▶ _Work instructions_:
From the opening line of the records through the line bearing "may belong to.", set down every line exactly.

▶ _Data for review_:
//! The symbol that an address belongs to.

ghost use Rattle.std.specs.Prelude.{◌≡◌, option_copied};
ghost use Rattle.std.specs.List.{find};
ghost use Rattle.text_symbols.specs.Nearest.{begins, holds, is_typed, is_label, passes, nearer, nearest, place_of, is_named, valued};

use crate::symbol::{Symbol, SymbolKind};

/// Which symbols an address may belong to.
#[derive(Clone, Copy, Debug)]
pub(crate) enum Search {
    /// Functions and objects.
    Typed,
    /// Labels.
    Labels,
}

fn is_typed(kind: SymbolKind) -> bool
    ensures { result ≡ is_typed kind }
{
    matches!(kind, SymbolKind::Function | SymbolKind::Object)
}

fn is_label(kind: SymbolKind) -> bool
    ensures { result ≡ is_label kind }
{
    matches!(kind, SymbolKind::Label)
}

fn begins(symbol: &Symbol, address: u64) -> bool
    ensures { result ≡ begins address symbol.now }
{
    symbol.value() <= address
}

fn holds(symbol: &Symbol, address: u64) -> bool
    ensures { result ≡ holds address symbol.now }
{
    symbol.size() == 0
        || u128::from(address) < u128::from(symbol.value()) + u128::from(symbol.size())
}

fn passes(search: Search, address: u64, symbol: &Symbol) -> bool
    ensures { result ≡ passes search address symbol.now }
{
    match search {
        Search::Typed => {
            begins(symbol, address) && is_typed(symbol.kind()) && holds(symbol, address)
        }
        Search::Labels => begins(symbol, address) && is_label(symbol.kind()),
    }
}

/// The nearer of a symbol and the best of those behind it.
fn nearer<'a>(passes: bool, symbol: &'a Symbol, best: Option<&'a Symbol>) -> Option<&'a Symbol>
    ensures { option_copied result ≡ nearer passes symbol.now (option_copied best.entry) }
{
    if !passes {
        return best;
    }
    match best {
        None => Some(symbol),
        Some(other) => {
            if other.value() <= symbol.value() {
                Some(symbol)
            } else {
                Some(other)
            }
        }
    }
}

/// The symbol of greatest value that passes the search, the first of those.
fn nearest<'a>(search: Search, symbols: &'a [Symbol], address: u64) -> Option<&'a Symbol>
    ensures { option_copied result ≡ nearest (passes search address) symbols.now }
{
    let mut best = None;
    let mut i = symbols.len();
    while i > 0 {
        i -= 1;
        let symbol = &symbols[i];
        best = nearer(passes(search, address, symbol), symbol, best);
    }
    best
}

/// The symbol that an address belongs to: a function or an object that holds it, or else a label.
pub(crate) fn place_of(symbols: &[Symbol], address: u64) -> Option<&Symbol>
    ensures { option_copied result ≡ place_of symbols.now address }
{
    match nearest(Search::Typed, symbols, address) {
        Some(symbol) => Some(symbol),
        None => nearest(Search::Labels, symbols, address),
    }
}

fn is_named(symbol: &Symbol, name: &str) -> bool
    ensures { result ≡ is_named name.now symbol.now }
{
    symbol.name() == name
}

/// The value of the first symbol of a name.
pub(crate) fn value_of(symbols: &[Symbol], name: &str) -> Option<u64>
    ensures { result ≡ valued (find (is_named name.now) symbols.now) }
{
    for symbol in symbols {
        if is_named(symbol, name) {
            return Some(symbol.value());
        }
    }
    None
}
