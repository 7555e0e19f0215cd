//! What a call is given.

use evm_text::{decimal_last, hexadecimal_last};
use std::alloc::Global;
use std::io::{self, ErrorKind};

/// What a call is given: the bytes of its file, none where it names none, and those of its argument.
#[derive(Drop)]
pub(crate) struct Call<'a> {
    pub(crate) alloc: Global,
    pub(crate) file: &'a [u8],
    pub(crate) argument: &'a [u8],
}

impl<'a> Call<'a> {
    /// The argument as text.
    pub(crate) fn text(&self) -> io::Result<&'a str> {
        text_of(self.argument)
    }

    /// A source: the file, where there is one, or else the argument.
    pub(crate) fn source(&self) -> io::Result<&'a str> {
        if self.file.is_empty() {
            text_of(self.argument)
        } else {
            text_of(self.file)
        }
    }

    /// The argument before the first bar, and behind it.
    pub(crate) fn halves(&self) -> io::Result<(&'a str, &'a str)> {
        self.text()?
            .split_once('|')
            .ok_or(ErrorKind::InvalidInput.into())
    }
}

/// Bytes as text.
pub(crate) fn text_of(bytes: &[u8]) -> io::Result<&str> {
    match str::from_utf8(bytes) {
        Ok(text) => Ok(text),
        Err(_) => Err(ErrorKind::InvalidData.into()),
    }
}

/// A decimal number.
pub(crate) fn decimal(word: &str) -> io::Result<u64> {
    decimal_last(word.as_bytes()).ok_or(ErrorKind::InvalidInput.into())
}

/// A hexadecimal number.
pub(crate) fn hexadecimal(word: &str) -> io::Result<u64> {
    hexadecimal_last(word.as_bytes()).ok_or(ErrorKind::InvalidInput.into())
}

/// A hexadecimal word of 32 bits.
pub(crate) fn word_of(word: &str) -> io::Result<u32> {
    u32::try_from(hexadecimal(word)?).map_err(|_| ErrorKind::InvalidInput.into())
}

/// The two sides of a word with this mark in it.
pub(crate) fn sides(mark: char, word: &str) -> io::Result<(&str, &str)> {
    word.split_once(mark).ok_or(ErrorKind::InvalidInput.into())
}

/// Memory that was refused, as a failure of the program.
pub(crate) fn given<T: Drop, E: Drop>(made: Result<T, E>) -> io::Result<T> {
    match made {
        Ok(made) => Ok(made),
        Err(_) => Err(ErrorKind::OutOfMemory.into()),
    }
}

fn digit(byte: u8) -> io::Result<u8> {
    match byte {
        b'0'..=b'9' => Ok(byte - b'0'),
        b'a'..=b'f' => Ok(byte - b'a' + 10),
        _ => Err(ErrorKind::InvalidInput.into()),
    }
}

// Appends what follows a backslash.
fn push_escape(bytes: &mut Vec<u8>, piece: &[u8]) -> io::Result<()> {
    let (byte, rest) = match piece {
        [b'n', rest @ ..] => (b'\n', rest),
        [b't', rest @ ..] => (b'\t', rest),
        [b'r', rest @ ..] => (b'\r', rest),
        [b'x', high, low, rest @ ..] => {
            let high = digit(*high)?.wrapping_mul(16);
            (high.wrapping_add(digit(*low)?), rest)
        }
        _ => return Err(ErrorKind::InvalidInput.into()),
    };
    bytes.push(byte)?;
    bytes.extend_from_slice(rest)?;
    Ok(())
}

/// The bytes that a text stands for.
pub(crate) fn unescaped(alloc: Global, text: &str) -> io::Result<Vec<u8>> {
    let mut bytes = Vec::new(alloc);
    let mut is_first = true;
    for piece in text.split('\\') {
        if is_first {
            bytes.extend_from_slice(piece.as_bytes())?;
            is_first = false;
        } else {
            push_escape(&mut bytes, piece.as_bytes())?;
        }
    }
    Ok(bytes)
}
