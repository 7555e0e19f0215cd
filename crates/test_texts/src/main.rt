//! Calls of the libraries on texts, bytes and words, each with the answer that is wanted. A line of standard input is
//! `OP ARGUMENT -> ANSWER`, or `OP @FILE ARGUMENT -> ANSWER`, where FILE lies in the folder that the program runs in; the
//! answer may be `@FILE` too. In an argument `\n`, `\t`, `\r` and `\xNN` are bytes. A line that is empty or begins with `#` is
//! a comment. A line is printed for each whose answer is another, and at the end one that counts the lines.
#![tactic(auto)]

mod call;
mod files;
mod instructions;
mod lexer;
mod lines;
mod ops;
mod packets;
mod places;
mod sources;
mod statements;
mod texts;
mod writing;

use call::{Call, unescaped};
use lines::{Line, line_of};
use ops::answer;
use std::rt::Files;
use std::{fs, io};

/// The answer of a line, and the one that is wanted.
fn answers(rt: &(impl Files + AllocGlobal), line: &Line<'_>) -> io::Result<(String, String)> {
    let alloc = rt.alloc();
    let file = match line.file {
        Some(name) => fs::read(rt, name)?,
        None => Vec::new(alloc),
    };
    let argument = unescaped(alloc, line.argument)?;
    let wanted = match line.wanted_file() {
        Some(name) => fs::read_to_string(rt, name)?,
        None => String::from_str(alloc, line.wanted)?,
    };
    let call = Call {
        alloc,
        file: file.as_slice(),
        argument: argument.as_slice(),
    };
    let mut said = String::new(alloc);
    answer(line.op, &call, &mut said)?;
    Ok((said, wanted))
}

/// Reports a line whose answer is not the one that is wanted.
fn report(rt: &(impl Files + Print + AllocGlobal), number: usize, text: &str) -> io::Result<()> {
    let Some(line) = line_of(text) else {
        return println!(rt; "{number}: no call: {text}");
    };
    match answers(rt, &line) {
        Ok((said, wanted)) => {
            if said.as_str() == wanted.as_str() {
                return Ok(());
            }
            println!(rt; "{number}: {text}\n    {said}")
        }
        Err(error) => println!(rt; "{number}: {error}: {text}"),
    }
}

fn main(rt: HostRuntime) -> io::Result<()> {
    let text = io::read_to_string(rt.alloc(), rt.reader())?;
    let mut count = 0usize;
    for (place, line) in text.lines().enumerate() {
        if !line.is_empty() && !line.starts_with('#') {
            count = count.saturating_add(1);
            report(&rt, place.saturating_add(1), line)?;
        }
    }
    println!(rt; "{count} calls")
}
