//! What a line of a map says of code: the lines of sources that it comes from.

use evm_text::decimal_last;

/// A line of a source.
#[derive(Clone, Copy, Debug, PartialEq, Eq)]
pub struct SourceLine<'a> {
    /// The file, without its folder.
    pub file: &'a str,
    /// The number of the line.
    pub line: u64,
    /// The function that the line is of; empty where the map names none.
    pub function: &'a str,
    /// The function of the kit's library that is called there; empty where none is.
    pub call: &'a str,
}

impl<'a> SourceLine<'a> {
    /// What is called there, or else the function that the line is of.
    pub fn shown(&self) -> &'a str {
        if self.call.is_empty() {
            self.function
        } else {
            self.call
        }
    }
}

/// Where the caller's registers are: the bytes of the frame on the stack, and how far below its end the return address is, or that ra has it.
#[derive(Clone, Copy, Debug, PartialEq, Eq)]
pub(crate) struct Frame {
    pub size: u64,
    pub saved: Option<u64>,
}

/// What a line of a map says of code.
#[derive(Clone, Copy, Debug)]
pub(crate) struct Origin<'a> {
    /// From the innermost line on the first that is the program's own, or where each is the library's the last.
    pub line: SourceLine<'a>,
    /// Whether it is the program's own.
    pub is_own: bool,
    pub frame: Option<Frame>,
}

// The first word of a text, and what is behind it.
fn cut_word(text: &str) -> (&str, &str) {
    match text.split_once(' ') {
        None => (text, ""),
        Some((word, rest)) => (word, rest.trim_start()),
    }
}

// `FILE:LINE`: a file, and a number from 1 to 4294967295.
fn file_and_line(word: &str) -> Option<(&str, u64)> {
    let (file, digits) = word.rsplit_once(':')?;
    match decimal_last(digits.as_bytes()) {
        Some(line) if !file.is_empty() && 0 < line && line <= 0xffff_ffff => Some((file, line)),
        _ => None,
    }
}

// `^N` or `^N-M`: the frame of the function.
fn frame_of(word: &str) -> Option<Frame> {
    let numbers = word.strip_prefix('^')?;
    match numbers.split_once('-') {
        None => Some(Frame {
            size: decimal_last(numbers.as_bytes())?,
            saved: None,
        }),
        Some((size, saved)) => Some(Frame {
            size: decimal_last(size.as_bytes())?,
            saved: Some(decimal_last(saved.as_bytes())?),
        }),
    }
}

// `FILE:LINE` or `FILE:LINE FUNCTION` at the beginning of a text, and what is behind it.
fn line_at(text: &str) -> Option<(SourceLine<'_>, &str)> {
    let (word, rest) = cut_word(text);
    let (file, line) = file_and_line(word)?;
    let (next, behind) = cut_word(rest);
    let (function, rest) = if next.starts_with('^') || file_and_line(next).is_some() {
        ("", rest)
    } else {
        (next, behind)
    };
    let source = SourceLine {
        file,
        line,
        function,
        call: "",
    };
    Some((source, rest))
}

// The name of a file of the library, which is in angle brackets.
fn library_file(file: &str) -> Option<&str> {
    file.strip_prefix('<')?.strip_suffix('>')
}

// The origin that a line gives, which calls a function of the library.
fn outer<'a>(line: SourceLine<'a>, call: &'a str) -> Origin<'a> {
    match library_file(line.file) {
        Some(file) => Origin {
            line: SourceLine { file, ..line },
            is_own: false,
            frame: None,
        },
        None => Origin {
            line: SourceLine { call, ..line },
            is_own: true,
            frame: None,
        },
    }
}

// The origin where the next line out is known too.
fn outward<'a>(inner: Option<Origin<'a>>, next: SourceLine<'a>) -> Origin<'a> {
    match inner {
        None => outer(next, ""),
        Some(inner) if inner.is_own => inner,
        Some(inner) => outer(next, inner.line.function),
    }
}

/// The origin of code of which a line of a map says this; none if that is no list of lines.
pub(crate) fn origin_of(places: &str) -> Option<Origin<'_>> {
    let mut found: Option<Origin<'_>> = None;
    let mut rest = places;
    for _ in 0..places.len() {
        if rest.is_empty() {
            return found;
        }
        if let Some(mut origin) = found
            && rest.starts_with('^')
        {
            origin.frame = Some(frame_of(rest)?);
            return Some(origin);
        }
        let (next, behind) = line_at(rest)?;
        found = Some(outward(found, next));
        rest = behind;
    }
    found
}
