//! The names of an image: its symbols and its map.

use crate::checksum::checksum;
use crate::map::{Map, ObjectKind};
use crate::memory::long_in;
use crate::source_line::{Frame, SourceLine};
use crate::symbols::Symbols;
use evm_room::{Refused, push_text};
use evm_text::{push_decimal, push_hexadecimal};

/// The names of an image: its symbols, and its map, which is empty where it has none.
#[derive(Drop)]
pub struct Names {
    pub symbols: Symbols,
    pub map: Map,
}

/// Where code is.
#[derive(Clone, Copy, Debug, PartialEq, Eq)]
pub enum CodeSpot<'a> {
    /// At a line of a source.
    Source(SourceLine<'a>),
    /// At a symbol, or some bytes behind it.
    Symbol(&'a str, u64),
}

/// Where a task is: its pc, and the registers that lead to its callers.
#[derive(Clone, Copy, Debug)]
pub struct Standing {
    pub pc: u64,
    pub ra: u64,
    pub sp: u64,
}

/// The most functions of the library that are left to find the program's own line.
const MOST_CALLERS: u8 = 16;

// Where the caller is: at its call.
fn caller(ram: &[u8], at: Standing, frame: Frame) -> Option<Standing> {
    let end = at.sp.checked_add(frame.size)?;
    let back = match frame.saved {
        None => at.ra,
        Some(below) => long_in(ram, end.checked_sub(below)?)?,
    };
    Some(Standing {
        pc: back.checked_sub(4)?,
        ra: back,
        sp: end,
    })
}

impl Names {
    /// Whether the map is of the image with these bytes, or doesn't say of which it is.
    pub fn is_of(&self, file: &[u8]) -> bool {
        match self.map.mark() {
            None => true,
            Some(mark) => mark.size == file.len() as u64 && mark.sum == u64::from(checksum(file)),
        }
    }

    /// Where the code at an address is: by the map, or else by the symbols.
    pub fn code(&self, address: u64) -> Option<CodeSpot<'_>> {
        if let Some(origin) = self.map.origin(address) {
            return Some(CodeSpot::Source(origin.line));
        }
        let (name, offset) = self.symbols.at(address)?;
        Some(CodeSpot::Symbol(name, offset))
    }

    // The line of the program's own that has called what a task is in, if that is of the library.
    fn own_line(&self, ram: &[u8], at: Standing) -> Option<SourceLine<'_>> {
        let mut at = at;
        let mut called = "";
        for _ in 0..MOST_CALLERS {
            let origin = self.map.origin(at.pc)?;
            let line = origin.line;
            if origin.is_own && line.call.is_empty() {
                return Some(SourceLine {
                    call: called,
                    ..line
                });
            }
            if origin.is_own {
                return Some(line);
            }
            called = line.function;
            at = caller(ram, at, origin.frame?)?;
        }
        None
    }

    /// Where a task is: as `code` says of its pc, but of code of the kit's library the line that has called it.
    pub fn code_of(&self, ram: &[u8], at: Standing) -> Option<CodeSpot<'_>> {
        match self.own_line(ram, at) {
            Some(line) => Some(CodeSpot::Source(line)),
            None => self.code(at.pc),
        }
    }

    /// The name of a task. `ram` are the bytes of RAM from 80000000 on, `thread` is the task's register tp.
    pub fn task<'a>(&'a self, ram: &'a [u8], task: u8, thread: u64) -> Option<&'a str> {
        self.map
            .name(ram, ObjectKind::Task, task, long_in(ram, thread))
    }

    /// The name of an object of another kind.
    pub fn object<'a>(&'a self, ram: &'a [u8], kind: ObjectKind, number: u8) -> Option<&'a str> {
        self.map.name(ram, kind, number, None)
    }
}

fn push_source(out: &mut String, line: SourceLine<'_>) -> Result<(), Refused> {
    push_text(out, line.file)?;
    push_text(out, ":")?;
    push_decimal(out, line.line)?;
    let shown = line.shown();
    if shown.is_empty() {
        return Ok(());
    }
    push_text(out, " (")?;
    push_text(out, shown)?;
    push_text(out, ")")
}

/// Appends where code is: `queue.c:41 (evl_get_sem)`, `main` or `main+0x8`.
pub fn push_code(out: &mut String, spot: CodeSpot<'_>) -> Result<(), Refused> {
    match spot {
        CodeSpot::Source(line) => push_source(out, line),
        CodeSpot::Symbol(name, 0) => push_text(out, name),
        CodeSpot::Symbol(name, offset) => {
            push_text(out, name)?;
            push_text(out, "+0x")?;
            push_hexadecimal(out, offset)
        }
    }
}
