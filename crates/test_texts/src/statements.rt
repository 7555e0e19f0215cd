//! Statements by themselves, where the one label is `here`, 8 bytes behind the start of the text.

use crate::call::{Call, given, sides};
use crate::writing::{push, push_gap, push_quoted, push_yes};
use evm_asm_parser::{
    DataWidth, KeptLines, Labels, Section, Spot, Statement, StatementReading, behind_word,
    datum_in, first_operand, first_word, how_many, mnemonic_named, other_operands, statement_of,
};
use evm_isa::encode;
use std::io::{self, ErrorKind};

const HERE: Spot = Spot {
    section: Section::Text,
    offset: 8,
};

fn labels_with_here(call: &Call<'_>) -> io::Result<Labels> {
    let mut labels = Labels::new(call.alloc);
    if labels.find(b"here").is_none() {
        given(labels.add(call.alloc, b"here", HERE))?;
    }
    Ok(labels)
}

// What a line without labels says.
fn reading_of(labels: &Labels, line: &str) -> io::Result<StatementReading> {
    let text = line.as_bytes();
    match mnemonic_named(first_word(text)) {
        Some(mnemonic) => Ok(statement_of(labels, mnemonic, behind_word(text))),
        None => Err(ErrorKind::InvalidInput.into()),
    }
}

/// What a line says: the word of an instruction that names no label, or any other statement, or the kind of its fault.
pub(crate) fn statement(call: &Call<'_>, out: &mut String) -> io::Result<()> {
    match reading_of(&labels_with_here(call)?, call.text()?)? {
        Ok(Statement::One(inst)) => {
            let Some(word) = encode(inst) else {
                return Err(ErrorKind::InvalidData.into());
            };
            Ok(write!(out, "{word:08x}")?)
        }
        Ok(statement) => Ok(write!(out, "{statement:?}")?),
        Err(kind) => Ok(write!(out, "{kind:?}")?),
    }
}

/// Whether the statement of each line is kept.
pub(crate) fn kept(call: &Call<'_>, out: &mut String) -> io::Result<()> {
    let labels = labels_with_here(call)?;
    let mut kept = KeptLines::new(call.alloc);
    for line in call.text()?.lines() {
        let reading = reading_of(&labels, line)?;
        given(kept.keep(HERE, &reading))?;
    }
    for line in kept.lines() {
        push_gap(out)?;
        push_yes(out, line.is_some())?;
    }
    Ok(())
}

fn width_of(word: &str) -> io::Result<DataWidth> {
    match word {
        "byte" => Ok(DataWidth::Byte),
        "word" => Ok(DataWidth::Word),
        "dword" => Ok(DataWidth::Dword),
        _ => Err(ErrorKind::InvalidInput.into()),
    }
}

/// What a text is as a datum of the width before the bar.
pub(crate) fn datum(call: &Call<'_>, out: &mut String) -> io::Result<()> {
    let (width, text) = sides('|', call.text()?)?;
    let labels = labels_with_here(call)?;
    match datum_in(&labels, width_of(width)?, text.as_bytes()) {
        Ok(datum) => Ok(write!(out, "{datum:?}")?),
        Err(kind) => Ok(write!(out, "{kind:?}")?),
    }
}

/// How many operands there are, the first, and the others.
pub(crate) fn operands(call: &Call<'_>, out: &mut String) -> io::Result<()> {
    let text = call.argument;
    let count = how_many(text);
    write!(out, "{count} ")?;
    push_quoted(out, first_operand(text))?;
    push(out, " ")?;
    push_quoted(out, other_operands(text))
}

▶ _Your response_:
//! The symbol that an address belongs to.

ghost use Rattle.std.specs.Prelude.{◌≡◌, option_copied};
ghost use Rattle.std.specs.List.{find};
ghost use Rattle.text_symbols.specs.Nearest.{begins, holds, is_typed, is_label, passes, nearer, nearest, place_of, is_named, valued};

use crate::symbol::{Symbol, SymbolKind};

/// Which symbols an address may belong to.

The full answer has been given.